Волосы, отведенные назад, ложка в руке, мясо на плите — у Тильды был по-матерински заботливый вид. Даже вытатуированную змею можно было счесть напоминанием о праматери Еве, при условии, конечно, что вы ее, змею, видели раньше, — сейчас на Тильде была клетчатая рубашка с длинными рукавами. И никакого позорящего ожерелья.
— Я могу подробно ее описать, — сказала Рима. — На этот раз я внимательно ее рассмотрела.
— Ну и хорошо. А кто такой Томас Гранд? — переспросил Мартин.
Тильда положила ложку и отвела его в уголок, где ввела его в курс событий и показала домик из «Пойла», обратив внимание Мартина на отсутствие тела. Когда-то оно там лежало, объяснила она, — это и был Томас Гранд. Она уже подбиралась к ключевому событию — вторжению в дом, любезно изобразив Риму скорее напуганной, чем бестолковой — «Я говорила, что тут была Рима? Одна?», — когда Мартин жестом прервал ее.
— Слушай, она чего-то стоит? — спросил он. — Одна кукла, отдельно? А целый дом на сколько потянет?
— Если ты вынесешь отсюда с десяток, я еще приплачу, — заверила его Тильда.
Суп забулькал, выкипая. Тильда склонилась над плитой.
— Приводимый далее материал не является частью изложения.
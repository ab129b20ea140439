//! Patterns cut down to the length of a text.

ghost use Rattle.std.specs.Prelude.{◌≡◌, ◌≤◌, IfOk, IfSome, None, length, map};
ghost use Rattle.jp_iregexp.specs.Tree.{tree, repeat};
ghost use Rattle.jp_iregexp.specs.Language.{Language};
ghost use Rattle.jp_match.specs.Private.Cutting.{IsSameUpTo, AreSameUpTo, HasNoneUpTo};

use crate::empty_word::has_empty_word;
use jp_iregexp::{CharClass, Pattern};
use std::alloc::{AllocError, Global};

/// A pattern with the same words of at most so many characters. Counts that such words can't reach
/// are left out of it, so it may have far fewer positions.
#[cycle(cut)]
pub(crate) fn cut(alloc: Global, pattern: &Pattern, chars: usize) -> Result<Pattern, AllocError>
    ensures { IfOk result (λ cut. IsSameUpTo chars (Language (tree cut)) (Language (tree
        pattern.entry.now))) }
{
    match pattern {
        Pattern::Either(branches) => {
            let branches = cut_each(alloc, branches, chars)?;
            Ok(Pattern::Either(branches))
        }
        Pattern::Sequence(pieces) => {
            let pieces = cut_each(alloc, pieces, chars)?;
            Ok(Pattern::Sequence(pieces))
        }
        Pattern::Repeat { inner, least, most } => cut_repeat(alloc, inner, *least, *most, chars),
        Pattern::Class(class) => {
            let class = copy_of(alloc, class)?;
            Ok(Pattern::Class(class))
        }
    }
}

/// Each of the patterns, cut.
#[cycle(cut)]
fn cut_each(alloc: Global, parts: &[Pattern], chars: usize) -> Result<Vec<Pattern>, AllocError>
    ensures { IfOk result (λ cut. AreSameUpTo chars (map tree cut.items) (map tree
        parts.entry.now)) }
{
    let mut all = Vec::new(alloc);
    for part in parts {
        let part = cut(alloc, part, chars)?;
        all.push(part)?;
    }
    Ok(all)
}

/// A repeat, cut. Where it has no word of at most so many characters, no branch is left.
#[cycle(cut)]
fn cut_repeat(
    alloc: Global,
    inner: &Pattern,
    least: u32,
    most: Option<u32>,
    chars: usize,
) -> Result<Pattern, AllocError>
    ensures { IfOk result (λ cut. IsSameUpTo chars (Language (tree cut)) (Language (repeat (tree
        inner.entry.now) least most))) }
{
    let Some(within) = cut_counts(inner, least, most, chars) else {
        return Ok(Pattern::Either(Vec::new(alloc)));
    };
    let inner = cut(alloc, inner, chars)?;
    let inner = Box::new(alloc, inner)?;
    Ok(Pattern::Repeat {
        inner,
        least: within.least,
        most: within.most,
    })
}

/// How often a repeat may take its inner pattern.
#[derive(Clone, Copy)]
struct Within {
    least: u32,
    most: Option<u32>,
}

/// Counts that give a repeat the same words of at most so many characters; None where it has none.
/// Of more words than characters some are empty, so a most above the characters is no most.
fn cut_counts(inner: &Pattern, least: u32, most: Option<u32>, chars: usize) -> Option<Within>
    ensures same { IfSome result (λ within. IsSameUpTo chars (Language (repeat (tree inner.now)
        within.least within.most)) (Language (repeat (tree inner.now) least most))) }
    ensures none { result ≡ None → HasNoneUpTo chars (Language (repeat (tree inner.now) least
        most)) }
{
    let Some(most) = most else {
        return cut_least(inner, least, chars);
    };
    if most < least {
        return None;
    }
    if most as usize <= chars {
        return Some(Within {
            least,
            most: Some(most),
        });
    }
    cut_least(inner, least, chars)
}

/// The counts of a repeat without a most, for texts of at most so many characters: a least above
/// these is reached by empty words alone.
fn cut_least(inner: &Pattern, least: u32, chars: usize) -> Option<Within>
    ensures same { IfSome result (λ within. IsSameUpTo chars (Language (repeat (tree inner.now)
        within.least within.most)) (Language (repeat (tree inner.now) least None))) }
    ensures none { result ≡ None → HasNoneUpTo chars (Language (repeat (tree inner.now) least
        None)) }
{
    if least as usize <= chars {
        return Some(Within { least, most: None });
    }
    if !has_empty_word(inner) {
        return None;
    }
    Some(Within {
        least: 0,
        most: None,
    })
}

/// A copy of the class.
fn copy_of(alloc: Global, class: &CharClass) -> Result<CharClass, AllocError>
    ensures negated { IfOk result (λ copy. copy.negated ≡ class.entry.now.negated) }
    ensures elements { IfOk result (λ copy. copy.elements.items ≡ class.entry.now.elements.items) }
{
    let mut elements = Vec::new(alloc);
    elements.extend_from_slice(&class.elements)?;
    Ok(CharClass {
        negated: class.negated,
        elements,
    })
}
Послышалось несколько кратких возгласов насчет супа и огня. Когда все успокоились и кухня наполнилась запахом горелого лука, Рима заговорила снова:
— Да, кстати, я забыла: женщину зовут Памела Прайс.
— Это полезно знать, — сказала Тильда, переключая что-то на плите.
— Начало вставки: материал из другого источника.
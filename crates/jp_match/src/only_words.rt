//! Patterns that have few words, as `timeout|refused` has two.

ghost use Rattle.std.specs.Prelude.{◌≡◌, IfSome, map};
ghost use Rattle.std.specs.List.{list_any};
ghost use Rattle.std.specs.Str.{chars, bytes_eq};
ghost use Rattle.jp_iregexp.specs.Tree.{tree};
ghost use Rattle.jp_match.specs.Private.OnlyWords.{IsOnlyWord, AreOnlyWords, HasOnlyWords, is_part};
ghost use Rattle.jp_match.specs.Private.OnlyWords.{characters, alone};

use jp_iregexp::{ClassElement, Pattern};
use std::alloc::Global;
use std::marker::Model;

/// How many words are looked for at most, since each is looked for by itself.
const MOST_WORDS: usize = 16;

/// The only words of a pattern.
#[derive(Drop)]
pub(crate) struct OnlyWords {
    words: Vec<String>,
}

impl Model for OnlyWords {
    ghost use Rattle.std.specs.Prelude.{ℕ, List, map};
    ghost use Rattle.jp_match.specs.Private.OnlyWords.{characters};

    ghost Value = { List (List ℕ) };

    ghost view = { λ w. map characters w.words.items };
}

impl OnlyWords {
    /// The words of a pattern that has one for each branch; None for any other pattern, for one of
    /// more than 16 branches, and where memory ran out.
    pub(crate) fn of(pattern: &Pattern) -> Option<OnlyWords>
        ensures { IfSome result (λ words. HasOnlyWords (tree pattern.now) words) }
    {
        let Pattern::Either(branches) = pattern else {
            return None;
        };
        if branches.len() > MOST_WORDS {
            return None;
        }
        let alloc = *branches.allocator();
        let words = words_of(alloc, branches)?;
        Some(OnlyWords { words })
    }

    /// Whether the text is one of them.
    pub(crate) fn contain(&self, text: &str) -> bool
        ensures { result ≡ list_any (λ word. bytes_eq word (chars text.now)) self.now }
    {
        is_one_of(&self.words, text)
    }

    /// Whether one of them is a part of the text.
    pub(crate) fn occur_in(&self, text: &str) -> bool
        ensures { result ≡ list_any (λ word. is_part word (chars text.now)) self.now }
    {
        has_one_of(text, &self.words)
    }
}

/// Whether the text is one of the words.
fn is_one_of(words: &[String], text: &str) -> bool
    ensures { result ≡ list_any (λ word. bytes_eq (characters word) (chars text.now)) words.now }
{
    words.iter().any(|word| is_same(word.as_str(), text))
}

/// Whether the text is the word, byte for byte.
fn is_same(word: &str, text: &str) -> bool
    ensures { result ≡ bytes_eq (chars word.now) (chars text.now) }
{
    word == text
}

/// Whether one of the words is a part of the text.
fn has_one_of(text: &str, words: &[String]) -> bool
    ensures { result ≡ list_any (λ word. is_part (characters word) (chars text.now)) words.now }
{
    words.iter().any(|word| has_part(text, word.as_str()))
}

/// Whether the word is a part of the text, as the empty word is of each text.
fn has_part(text: &str, word: &str) -> bool
    ensures { result ≡ is_part (chars word.now) (chars text.now) }
{
    text.contains(word)
}

/// The only word of each branch; None where one has others, and where memory ran out.
fn words_of(alloc: Global, branches: &[Pattern]) -> Option<Vec<String>>
    ensures { IfSome result (λ words. AreOnlyWords (map tree branches.now) (map characters
        words.items)) }
{
    let mut words = Vec::new(alloc);
    for branch in branches {
        let word = word_of(alloc, branch)?;
        words.push(word).ok()?;
    }
    Some(words)
}

/// The only word of a branch: of pieces that are characters. None for any other branch, and where
/// memory ran out.
fn word_of(alloc: Global, branch: &Pattern) -> Option<String>
    ensures { IfSome result (λ word. IsOnlyWord (tree branch.now) (characters word)) }
{
    let Pattern::Sequence(pieces) = branch else {
        return None;
    };
    let mut word = String::new(alloc);
    for piece in pieces {
        let c = only_char(piece)?;
        word.push(c).ok()?;
    }
    Some(word)
}

/// The character that is the only word of a pattern; None for any pattern that is not a class of
/// that character alone.
pub(crate) fn only_char(pattern: &Pattern) -> Option<char>
    ensures { IfSome result (λ c. IsOnlyWord (tree pattern.now) (alone c)) }
{
    let Pattern::Class(class) = pattern else {
        return None;
    };
    if class.negated {
        return None;
    }
    let [only] = class.elements.as_slice() else {
        return None;
    };
    match *only {
        ClassElement::Range(first, last) if first == last => Some(first),
        _ => None,
    }
}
— Памела Прайс. — Рима перевела взгляд с Тильды на Мартина.
Никакой реакции. Неужели она одна читала книги, над которыми Аддисон столько трудилась?
— А кто это такая? — поинтересовался Мартин.
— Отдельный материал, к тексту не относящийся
//! From bytes to tables, or to what is wrong with the bytes.
//!
//! Tables of whole numbers are made in one pass, which stops at the first number that is not whole.
//! `serde_json` decides: where a later member of the same name replaces such a number, the bytes are a
//! document. So does `jp_exact` where numbers are decimals, of the first that can't be held.

ghost use Rattle.std.specs.Prelude.{◌≡◌, IfErr, IfOk, map};
ghost use Rattle.jp_document.specs.Exact.{IsDocumentIn};
ghost use Rattle.jp_document.specs.Location.{owned_step};
ghost use Rattle.jp_exact.specs.Defects.{IsDocumentFaultIn};
ghost use Rattle.jp_flat.specs.Asked.{IsReadFor};
ghost use Rattle.jp_flat.specs.FlatValue.{IsValueAt, document_in, flat_found};
ghost use Rattle.jp_held.specs.Portions.{IsExcerpt};

use crate::document::Document;
use crate::portion::{Excerpt, Portion};
use jp_decimal::Numbers;
use jp_document::{DocumentFault, OwnedStep};
use jp_flat::{AskedFor, Flat, Found, Room};
use std::alloc::Global;

/// The document with such numbers that these bytes are, in tables, else what is wrong with them.
/// `NoMemory` says nothing of the bytes: memory ran out, or they are too many for tables (2^32).
pub fn read_flat(alloc: Global, bytes: &[u8], numbers: Numbers) -> Result<Flat<'_>, DocumentFault>
    ensures ok { IfOk result (λ f. IsDocumentIn numbers bytes.now (document_in f)) }
    ensures fault { IfErr result (IsDocumentFaultIn numbers bytes.now) }
{
    match read_into(alloc, Room::new(alloc), bytes, numbers) {
        Ok(flat) => Ok(flat),
        Err((_, fault)) => Err(fault),
    }
}

/// So much of the document with such numbers that these bytes are as is wanted, in the memory of other
/// documents, which an `Err` gives back; else what is wrong with them, as `read_flat` says: with what is
/// not wanted, too.
pub fn read_portion<'p, 't>(
    alloc: Global,
    room: Room,
    bytes: &'t [u8],
    portion: &'p Portion,
    numbers: Numbers,
) -> Result<Excerpt<'p, 't>, (Room, DocumentFault)>
    ensures ok { IfOk result (IsExcerpt numbers portion.now bytes.now) }
    ensures fault { IfErr result (λ e. IsDocumentFaultIn numbers bytes.now e.1) }
{
    match portion {
        Portion::Value(location) => {
            let found = read_value_into(alloc, room, bytes, location, numbers)?;
            Ok(Excerpt::Value(location, found))
        }
        Portion::Members(asked) => {
            let flat = read_asked(alloc, room, bytes, asked, numbers)?;
            Ok(Excerpt::Document(flat))
        }
        Portion::Whole => {
            let flat = read_into(alloc, room, bytes, numbers)?;
            Ok(Excerpt::Document(flat))
        }
    }
}

/// `read_flat` in the memory of other documents, which an `Err` gives back.
pub fn read_into(
    alloc: Global,
    room: Room,
    bytes: &[u8],
    numbers: Numbers,
) -> Result<Flat<'_>, (Room, DocumentFault)>
    ensures ok { IfOk result (λ f. IsDocumentIn numbers bytes.now (document_in f)) }
    ensures fault { IfErr result (λ e. IsDocumentFaultIn numbers bytes.now e.1) }
{
    match room.read(bytes, numbers) {
        Ok(flat) => Ok(flat),
        Err(room) => match read_by_tree(alloc, bytes, numbers) {
            Ok(flat) => Ok(flat),
            Err(fault) => Err((room, fault)),
        },
    }
}

/// What the document with such numbers that these bytes are has at this location, in the memory of other
/// documents, which an `Err` gives back with what is wrong with the bytes. It is found while the document is
/// read.
pub fn read_value_into<'t>(
    alloc: Global,
    room: Room,
    bytes: &'t [u8],
    location: &[OwnedStep],
    numbers: Numbers,
) -> Result<Found<'t>, (Room, DocumentFault)>
    ensures ok { IfOk result
        (λ f. IsValueAt numbers bytes.now (map owned_step location.now) (flat_found f)) }
    ensures fault { IfErr result (λ e. IsDocumentFaultIn numbers bytes.now e.1) }
{
    match room.read_at(bytes, location, numbers) {
        Ok(found) => Ok(found),
        Err(room) => match value_by_tree(alloc, bytes, location, numbers) {
            Ok(Some(flat)) => Ok(Found::Value(flat)),
            Ok(None) => Ok(Found::Nothing(room)),
            Err(fault) => Err((room, fault)),
        },
    }
}

/// The document with such numbers that these bytes are, of which so much is kept as is asked of it, in the
/// memory of other documents, which an `Err` gives back with what is wrong with the bytes.
pub fn read_asked<'t>(
    alloc: Global,
    room: Room,
    bytes: &'t [u8],
    asked: &AskedFor,
    numbers: Numbers,
) -> Result<Flat<'t>, (Room, DocumentFault)>
    ensures ok { IfOk result (IsReadFor numbers asked.now bytes.now) }
    ensures fault { IfErr result (λ e. IsDocumentFaultIn numbers bytes.now e.1) }
{
    match room.read_asked(bytes, asked, numbers) {
        Ok(flat) => Ok(flat),
        Err(room) => match read_by_tree(alloc, bytes, numbers) {
            Ok(flat) => Ok(flat),
            Err(fault) => Err((room, fault)),
        },
    }
}

/// The document with such numbers that a tree is made of from these bytes, in tables, else what is wrong
/// with them.
fn read_by_tree<'t>(
    alloc: Global,
    bytes: &[u8],
    numbers: Numbers,
) -> Result<Flat<'t>, DocumentFault>
    ensures ok { IfOk result (λ f. IsDocumentIn numbers bytes.now (document_in f)) }
    ensures fault { IfErr result (IsDocumentFaultIn numbers bytes.now) }
{
    let document = Document::parsed(alloc, bytes, numbers)?;
    Ok(Flat::of(alloc, document.value())?)
}

/// The value at this location of that document, None where it has none there.
fn value_by_tree<'t>(
    alloc: Global,
    bytes: &[u8],
    location: &[OwnedStep],
    numbers: Numbers,
) -> Result<Option<Flat<'t>>, DocumentFault>
    ensures ok { IfOk result (IsValueAt numbers bytes.now (map owned_step location.now)) }
    ensures fault { IfErr result (IsDocumentFaultIn numbers bytes.now) }
{
    let document = Document::parsed(alloc, bytes, numbers)?;
    match document.value_at(location) {
        Some(value) => Ok(Some(Flat::of(alloc, value)?)),
        None => Ok(None),
    }
}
— Персонаж «Ледяного города».
— Значит, это не настоящее имя, — заявил Мартин, как будто имя Бим Лэнсилл было не настоящим.
Вид у него был разочарованный. Рима подумала, что все сказанное ну никак не могло расстроить Мартина. Он потер клочок волос у себя на подбородке, и Рима внезапно вспомнила, как это украшение называется: клочок души. Почему — она не имела представления.
— А это положительный персонаж или отрицательный? — спросил Мартин.
Было ясно, какого ответа он ждал.
(3)Женщина, встреченная Римой на пляже и потом возле дома, была заметно старше книжной Памелы и явно не старалась походить на нее. Более того, женщина не стремилась выглядеть так, будто в прошлом была похожа на нее. Книжная Памела Прайс была пергидрольной блондинкой, розовощекой куколкой, с соблазнительными изгибами. А незнакомка с пляжа была сухощавой, с синяками под глазами и тонкой кожей, казавшейся почти синей.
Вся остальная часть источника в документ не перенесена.